The class provides one method that performs computation:

```c++
void Predict(const arma::mat& points, arma::rowvec& predictions);
```

Once you have generated or loaded a model, you can call this method and pass it
a matrix of data points to predict values for using the model.
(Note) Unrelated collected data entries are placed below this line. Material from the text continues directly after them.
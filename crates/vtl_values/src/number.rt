// Numbers and integers, each within the range of its kind.
use std::marker::Model;

/// A number: a whole count of millionths, at most 10^21 of them either way. Contracts see it as that count.
#[derive(Clone, Copy, Debug, PartialEq, Eq, PartialOrd, Ord)]
pub struct Decimal {
    pub millionths: i128,
}

impl Model for Decimal {
    ghost use Rattle.std.specs.Prelude.{ℤ};

    ghost Value = { ℤ };

    ghost use Rattle.vtl_values.specs.Ranges.{IsNumber};

    ghost view = { λ d. d.millionths };

    ghost invariant = { λ d. IsNumber d.millionths };

    ghost inverse = { λ z. record { millionths = z } };
}

/// An integer, at most 10^15 either way. Contracts see it as the integer.
#[derive(Clone, Copy, Debug, PartialEq, Eq, PartialOrd, Ord)]
pub struct Integer {
    pub value: i64,
}

impl Model for Integer {
    ghost use Rattle.std.specs.Prelude.{ℤ};

    ghost Value = { ℤ };

    ghost use Rattle.vtl_values.specs.Ranges.{IsInteger};

    ghost view = { λ n. n.value };

    ghost invariant = { λ n. IsInteger n.value };

    ghost inverse = { λ z. record { value = z } };
}

impl Decimal {
    /// The largest number, in millionths.
    pub const MOST: u128 = 1_000_000_000_000_000_000_000;
}

impl Integer {
    /// The largest integer.
    pub const MOST: u64 = 1_000_000_000_000_000;
}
The second
parameter, predictions, will be modified to contain the predicted values
corresponding to each row of the points matrix.

### Generating a model

```c++
#include <mlpack.hpp>

using namespace mlpack;

arma::mat data; // The dataset itself.
arma::rowvec responses; // The responses, one row for each row in data.

// Regress.
LinearRegression lr(data, responses);

// Get the parameters, or coefficients.
arma::vec parameters = lr.Parameters();
```

### Setting a model

Assuming you already have a model and do not need to create one, this is how
you would set the parameters for a `LinearRegression` instance.

```c++
arma::vec parameters; // Your model.

LinearRegression lr; // Create a new LinearRegression instance or reuse one.
lr.Parameters() = parameters; // Set the model.
```

### Load a model from file

If you have a generated model in a file somewhere you would like to load and
use, you can use `data::Load()` to load it.

```c++
std::string filename; // The path and name of your file.

LinearRegression lr;
data::Load(filename, "lr_model", lr);
```

Here, `"lr_model"` is the name given to the model.  The
`mlpack_linear_regression` command-line program uses the default name `"model"`,
so if you want to load a model in C++ that was created by the command-line
program, be sure to use the name `"model"` when loading.

### Prediction

Once you have generated or loaded a model using one of the aforementioned
methods, you can predict values for a dataset.

```c++
LinearRegression lr();
// Load or generate your model.

// The dataset we want to predict on; each row is a data point.
arma::mat points;
// This will store the predictions; one row for each point.
arma::rowvec predictions;

lr.Predict(points, predictions); // Predict.

// Now, the row vector 'predictions' will contain the predicted values.
```

### Setting lambda for ridge regression

As discussed in an earlier example, ridge regression is useful when the
covariance of the predictors is not invertible.  The standard constructor can be
used to set a value of lambda:

```c++
#include <mlpack.hpp>

using namespace mlpack;

arma::mat data; // The dataset itself.
arma::rowvec responses; // The responses, one row for each row in data.

// Regress, with a lambda of 0.5.
LinearRegression lr(data, responses, 0.5);

// Get the parameters, or coefficients.
arma::vec parameters = lr.Parameters();
```

In addition, the `Lambda()` function can be used to get or modify the lambda
value:

```c++
LinearRegression lr;
lr.Lambda() = 0.5;
Log::Info << "Lambda is " << lr.Lambda() << "." << std::endl;
```

## Further documentation

For further documentation on the LinearRegression class, consult the comments in
the source code of the `LinearRegression` class, found in
`mlpack/methods/linear_regression/`.